2) 'The teacher as an obstacle' (p. 14)

'There are [...] two types of teacher. There is (1) the Teacher and (2) the Class-master. There is the man who is a teacher because he likes children, and there is the man who is a teacher because he likes teaching. The latter may make an excellent teacher of history or literature: he conveys a subject and his attitude towards it to his pupils. But a language or any other skill is a thing which has to be learnt; the Class-master's task is to help the learners, and his main interest is in them. A great part of his work is done individually; his place is, so far as possible, in amongst the pupils, not up on the platform. The great enemy of the teacher, or rather the class-master, engaged in such work is restlessness and aggressiveness. Just watching people work is dull, difficult and boring to the active and aggressive lecturer-type. Maybe for this reason one may venture the opinion that women may tend to be better language-teachers than men. They are not so restless or aggressive, and perhaps they are apt to be more interested in the efforts of pupils as individuals than in their own performance as Protagonist on the Platform'. (pp. 14-15)

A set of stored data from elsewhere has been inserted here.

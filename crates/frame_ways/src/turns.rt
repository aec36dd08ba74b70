// What orders the frames that wait.
use fh_base::Ticks;

/// Where a frame that waits is: frames leave by time, at one time by endpoint, and those of an endpoint as they were handed over.
#[derive(Clone, Copy, Debug, PartialEq, Eq, PartialOrd, Ord)]
pub struct Turn {
    /// When the frame leaves, in ticks of 1/1536 ns.
    pub at: Ticks,
    /// The number of its endpoint in the configuration, from 0.
    pub ep: usize,
    /// How many frames were taken in before it.
    pub serial: u64,
}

3) On learning how to learn

'Children are sent to school not merely to learn, but to learn how to learn. The small amount of English (or other language) which they acquire at school will be of little profit to them, and may even soon be forgotten, if they do not know how to go on learning afterwards. The most valuable lesson which a pupil can carry away from his English class is that he has learnt (or should have learnt) how to set about learning a language -- any language. The over-active teacher may indeed instil some English into his pupils, but he will have failed in his duty if he has not weaned them -- has failed to teach them how to learn'. (p. viii)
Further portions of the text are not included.